Partner Principal as well as an Agent.- This is one
of the most important tests of partnership as agency is
the essence of the relationship of partnership. Therefore,
a partner is both a principal and an agent. While the
relation between partners interest is that of principals,
they are agents of the firm and of one another in relation
to third parties for the purposes of the business of the
firm
Relations Of Partners To Third Parties
Implied authority of partner as agent of the firm:
(1) Subject to the provisions of section 22, the act of partner which
is done to carry on, in the usual way, business of the kind carried on
by the firm, binds the firm. The authority of a partner to bind the
firm conferred by this section is called his "implied authority.
Examples of Implied authority of a partner.-
1. A partner can buy on the credit of the firm any goods of a kind
used in its business.

2. Similarly, a partner may hire on the credit of the firm, any goods
of a kind used in its business.

Case.- A partner of firm, whose business it was to trap wild
elephants, hired an elephant to be used for trapping wild elephants,
and one of the terms of hire was that the hirer should pay Rs.
5,000/- if the elephant died during the period of hire.

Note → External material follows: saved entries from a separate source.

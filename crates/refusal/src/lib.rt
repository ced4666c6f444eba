// What each call refuses with: the papers' table, each call's tests in their order, one after the other, so that a call leaves at the first
// that holds. A function here changes nothing and is total: the calls ask it first. Calls that judge rows tell beside 7 what is wrong
// with the lowest bad one.
// A call leaves at a state that is not sound before it looks at what it is lent.
#![tactic(auto)]

ghost use Rattle.std.specs.Prelude.{◌≡◌, [], ℕ, ◌-◌, ◌&&◌, ◌≤◌};
ghost use Rattle.scope.specs.Row.{lowest_fault};
ghost use Rattle.scope.specs.Keeper.{sound};
ghost use Rattle.scope.specs.Refusals.{Begin, Read, Write, Commit, Abort, Force, WriteBack, Cut, Look, lent};
ghost use Rattle.answer.specs.Answer.{number_in, told_in};
ghost use Rattle.journal.specs.Entries.{Rows, entry_in, wrong_in};
ghost use Rattle.workspace.specs.Values.{wrong_due};
ghost use Rattle.state.specs.State.{state_of};
ghost use Rattle.state.specs.Lent.{lent_to};
ghost use Rattle.refusal.specs.Judges.{Judges, Asks, Tells, ready_tests, run_tests, cell_tests, room_tests};
ghost use Rattle.refusal.specs.Rows.{open_fault_in, moved_no, moved_fault};

use answer::Refusal;
use journal::entry_at;
use medium::layout::index;
use row::Fault;
use state::{Numbers, Phase};
use workspace::{Due, any_first, lowest_fault};

// A sound state, and the medium and the waiting rows as long as its numbers say.
#[inline(always)]
fn fit_rows(numbers: Numbers, phase: Phase, medium: &[u8], waiting: &[u8]) -> bool
    ensures { result ≡ (sound (state_of numbers phase) && lent Commit (lent_to numbers phase medium.now [] [] [] waiting.now)) }
{
    numbers.sound(phase) && numbers.fits_medium(medium.len()) && numbers.fits_rows(waiting.len())
}

// A sound state, and the workspaces as long as its numbers say.
#[inline(always)]
fn fit_workspaces(
    numbers: Numbers,
    phase: Phase,
    current: &[u64],
    first: &[u32],
    last: &[u32],
    waiting: &[u8],
) -> bool
    ensures { let k = lent_to numbers phase [] current.now first.now last.now waiting.now in
        result ≡ (sound (state_of numbers phase) && lent Abort k) }
{
    numbers.sound(phase)
        && numbers.fits_workspaces(current.len(), first.len(), last.len(), waiting.len())
}

// A sound state, and the medium, current values, `first` and `last` as long as its numbers say.
#[inline(always)]
fn fit_table(
    numbers: Numbers,
    phase: Phase,
    medium: &[u8],
    current: &[u64],
    first: &[u32],
    last: &[u32],
) -> bool
    ensures { let k = lent_to numbers phase medium.now current.now first.now last.now [] in
        result ≡ (sound (state_of numbers phase) && lent (WriteBack 0) k) }
{
    numbers.sound(phase)
        && numbers.fits_medium(medium.len())
        && numbers.fits_cells(current.len())
        && numbers.fits_cells(first.len())
        && numbers.fits_cells(last.len())
}

// A sound state, and the medium and `first` as long as its numbers say.
#[inline(always)]
fn fit_first(numbers: Numbers, phase: Phase, medium: &[u8], first: &[u32]) -> bool
    ensures { result ≡ (sound (state_of numbers phase) && lent (Cut 0) (lent_to numbers phase medium.now [] first.now [] [])) }
{
    numbers.sound(phase) && numbers.fits_medium(medium.len()) && numbers.fits_cells(first.len())
}

// 1, 10: the first tests of every call.
#[inline(always)]
fn ready(fit: bool, phase: Phase) -> Result<(), Refusal>
    ensures { Asks result (ready_tests fit phase) }
{
    if !fit {
        return Err(Refusal::Unfit);
    }
    if phase.is_recovering() {
        return Err(Refusal::WrongPhase);
    }
    Ok(())
}

// 1, 10, 3.
#[inline(always)]
fn in_run(fit: bool, phase: Phase) -> Result<(), Refusal>
    ensures { Asks result (run_tests fit phase) }
{
    ready(fit, phase)?;
    if phase.is_idle() {
        return Err(Refusal::NoTransaction);
    }
    Ok(())
}

// 4.
#[inline(always)]
fn in_table(numbers: Numbers, cell: u32) -> Result<(), Refusal>
    ensures { Asks result (cell_tests numbers cell) }
{
    if numbers.cells <= cell {
        return Err(Refusal::NoCell);
    }
    Ok(())
}

// 5, 6.
#[inline(always)]
fn has_room(numbers: Numbers, phase: Phase) -> Result<(), Refusal>
    ensures { Asks result (room_tests numbers phase) }
{
    if numbers.full(phase) {
        return Err(Refusal::Full);
    }
    if numbers.used_up(phase) {
        return Err(Refusal::UsedUp);
    }
    Ok(())
}

// 7: a waiting row from + 1, .., l does not hold what is due.
#[inline(always)]
fn rows_hold(numbers: Numbers, waiting: &[u8], from: u32, due: Due) -> Result<(), Refusal>
    requires { Rows waiting.now 0 numbers.slots 1 }
    ensures { Tells result (lowest_fault (wrong_due due waiting.now numbers.slots numbers.cells) (numbers.l - from) from) }
{
    match lowest_fault(waiting, numbers.slots, numbers.cells, from, numbers.l, due) {
        Some(fault) => Err(Refusal::BadRow(fault)),
        None => Ok(()),
    }
}

#[inline(always)]
pub fn read(numbers: Numbers, phase: Phase, cell: u32, current: &[u64]) -> Result<(), Refusal>
    ensures { Judges result (Read cell) (lent_to numbers phase [] current.now [] [] []) }
{
    let fit = numbers.sound(phase) && numbers.fits_cells(current.len());
    in_run(fit, phase)?;
    in_table(numbers, cell)
}

#[inline(always)]
pub fn write(
    numbers: Numbers,
    phase: Phase,
    cell: u32,
    current: &[u64],
    first: &[u32],
    last: &[u32],
    waiting: &[u8],
) -> Result<(), Refusal>
    ensures { (v : ℕ) → Judges result (Write cell v) (lent_to numbers phase [] current.now first.now last.now waiting.now) }
{
    let fit = fit_workspaces(numbers, phase, current, first, last, waiting);
    in_run(fit, phase)?;
    in_table(numbers, cell)?;
    has_room(numbers, phase)
}

#[inline(always)]
pub fn commit(numbers: Numbers, phase: Phase, medium: &[u8], waiting: &[u8]) -> Result<(), Refusal>
    ensures { Judges result Commit (lent_to numbers phase medium.now [] [] [] waiting.now) }
{
    let fit = fit_rows(numbers, phase, medium, waiting);
    in_run(fit, phase)?;
    rows_hold(numbers, waiting, numbers.f, Due::Entries)
}

// 7: in run a waiting row of o+1 to l isn't that update.
#[inline(always)]
fn open_rows(numbers: Numbers, phase: Phase, waiting: &[u8]) -> Result<(), Refusal>
    requires { Rows waiting.now 0 numbers.slots 1 }
    ensures { Tells result (open_fault_in numbers phase waiting.now) }
{
    if !phase.is_run() {
        return Ok(());
    }
    rows_hold(numbers, waiting, numbers.o, Due::Updates)
}

#[inline(always)]
pub fn abort(
    numbers: Numbers,
    phase: Phase,
    current: &[u64],
    first: &[u32],
    last: &[u32],
    waiting: &[u8],
) -> Result<(), Refusal>
    ensures { Judges result Abort (lent_to numbers phase [] current.now first.now last.now waiting.now) }
{
    let fit = fit_workspaces(numbers, phase, current, first, last, waiting);
    ready(fit, phase)?;
    open_rows(numbers, phase, waiting)
}

#[inline(always)]
pub fn begin(
    numbers: Numbers,
    phase: Phase,
    current: &[u64],
    first: &[u32],
    last: &[u32],
    waiting: &[u8],
) -> Result<(), Refusal>
    ensures { Judges result Begin (lent_to numbers phase [] current.now first.now last.now waiting.now) }
{
    abort(numbers, phase, current, first, last, waiting)?;
    has_room(numbers, phase)
}

#[inline(always)]
pub fn force(numbers: Numbers, phase: Phase, medium: &[u8], waiting: &[u8]) -> Result<(), Refusal>
    ensures { Judges result Force (lent_to numbers phase medium.now [] [] [] waiting.now) }
{
    let fit = fit_rows(numbers, phase, medium, waiting);
    ready(fit, phase)?;
    if numbers.f >= numbers.l {
        return Ok(());
    }
    let n = numbers.f + 1;
    match entry_at(waiting, 0, numbers.slots, numbers.cells, n) {
        Ok(_) => Ok(()),
        Err(reason) => Err(Refusal::BadRow(Fault { reason, entry: n })),
    }
}

#[inline(always)]
pub fn write_back(
    numbers: Numbers,
    phase: Phase,
    cell: u32,
    medium: &[u8],
    current: &[u64],
    first: &[u32],
    last: &[u32],
) -> Result<(), Refusal>
    ensures { Judges result (WriteBack cell) (lent_to numbers phase medium.now current.now first.now last.now []) }
{
    let fit = fit_table(numbers, phase, medium, current, first, last);
    ready(fit, phase)?;
    in_table(numbers, cell)?;
    let at = index(cell);
    if 0 < first[at] && numbers.f < last[at] {
        return Err(Refusal::NotStored);
    }
    Ok(())
}

// Cut to p, not h: 7, the medium's row of p isn't entry p; 9, it is an update.
fn cut_row(numbers: Numbers, p: u32, medium: &[u8]) -> Result<(), Refusal>
    requires { (Rows medium.now 32 numbers.slots 1) × (numbers.h ≤ p) }
    ensures number { number_in result ≡ moved_no numbers.h p (entry_in medium.now 32 numbers.slots numbers.cells p) }
    ensures fault { told_in result ≡ moved_fault (number_in result) p (wrong_in medium.now 32 numbers.slots numbers.cells p) }
{
    if p == numbers.h {
        return Ok(());
    }
    match entry_at(medium, 32, numbers.slots, numbers.cells, p) {
        Ok(what) if what.is_update() => Err(Refusal::NotACut),
        Ok(_) => Ok(()),
        Err(reason) => Err(Refusal::BadRow(Fault { reason, entry: p })),
    }
}

#[inline(always)]
pub fn cut(
    numbers: Numbers,
    phase: Phase,
    p: u32,
    medium: &[u8],
    first: &[u32],
) -> Result<(), Refusal>
    ensures { Judges result (Cut p) (lent_to numbers phase medium.now [] first.now [] []) }
{
    let fit = fit_first(numbers, phase, medium, first);
    ready(fit, phase)?;
    if p < numbers.h || numbers.f < p || numbers.o < p {
        return Err(Refusal::NotACut);
    }
    cut_row(numbers, p, medium)?;
    if any_first(first, p) {
        return Err(Refusal::NotACut);
    }
    Ok(())
}

#[inline(always)]
pub fn look(
    numbers: Numbers,
    phase: Phase,
    n: u32,
    medium: &[u8],
    waiting: &[u8],
) -> Result<(), Refusal>
    ensures { Judges result (Look n) (lent_to numbers phase medium.now [] [] [] waiting.now) }
{
    let fit = fit_rows(numbers, phase, medium, waiting);
    ready(fit, phase)?;
    if n <= numbers.h || numbers.l < n {
        return Err(Refusal::NoEntry);
    }
    Ok(())
}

It was held
that other partners also were bound by this term.
Relations Of Partners To Third Parties
3. A partner may engage servants or agents, and he
may also discharge such persons, although he can
not discharge them against the will of his co-
partners.

4. A Partner can institute and defend suits in the
name of the firm. It has been held in England that a
partner, who attends to the affairs of the firm has an
implied authority to employ a solicitor to defend a
suit filed against the firm.
Restrictions on the Implied Authority of the
Partner
Statutory Restrictions: In the absence of any
agreement, the implied authority of a partner does
not empower him to do the following acts:
To open a bank account on behalf of the firm in
partners own name.
To withdraw suit or proceedings filed on behalf of
the firm.
To acquire any immovable property on behalf of the
firm.
To submit a dispute to arbitration relating to the
business of the firm.
Reconstitution of the firm
The reconstitution of a firm takes place when there is
any change in the composition of the partnership.
The various ways of the reconstitution are:
Introduction of a partner
Retirement of a partner
Expulsion of a partner
Insolvency of a partner
Death of a partner
Dissolution Of A Firm
Dissolution of a firm:
The dissolution of partnership between all the partners of
a firm is called the "dissolution of the firm
Dissolution by agreement:
A firm may be dissolved with the consent of all the
partners or in accordance with a contract between the
partners.
Compulsory dissolution:
A firm is dissolved -
(a) by the adjudication of all the partners or of all the
partners but one as insolvent, or
(b) by the happening of any event which makes it
unlawful for the business of the firm to be carded on or
for the partners to carry it on in partnership:
Dissolution Of A Firm
Dissolution on the happening of certain
contingencies:
Subject to contract between the partners a firm is
dissolved-
(a) if constituted for a fixed term, by the expiry of
that term;
(b) if constituted to carry out one or more adventures
or undertakings, by the completion thereof;
(c) by the death of a partner; and
(d) by the adjudication of a partner as an insolvent.

Dissolution Of A Firm
Right of partners to have business wound up
after dissolution:
On the dissolution of a firm every partner or his
representative is entitled, as against all the other
partners or their representatives, to have the
property of the firm applied in payment of the debts
and liabilities of the firm, and to have the surplus
distributed among the partners or their
representatives according to their rights.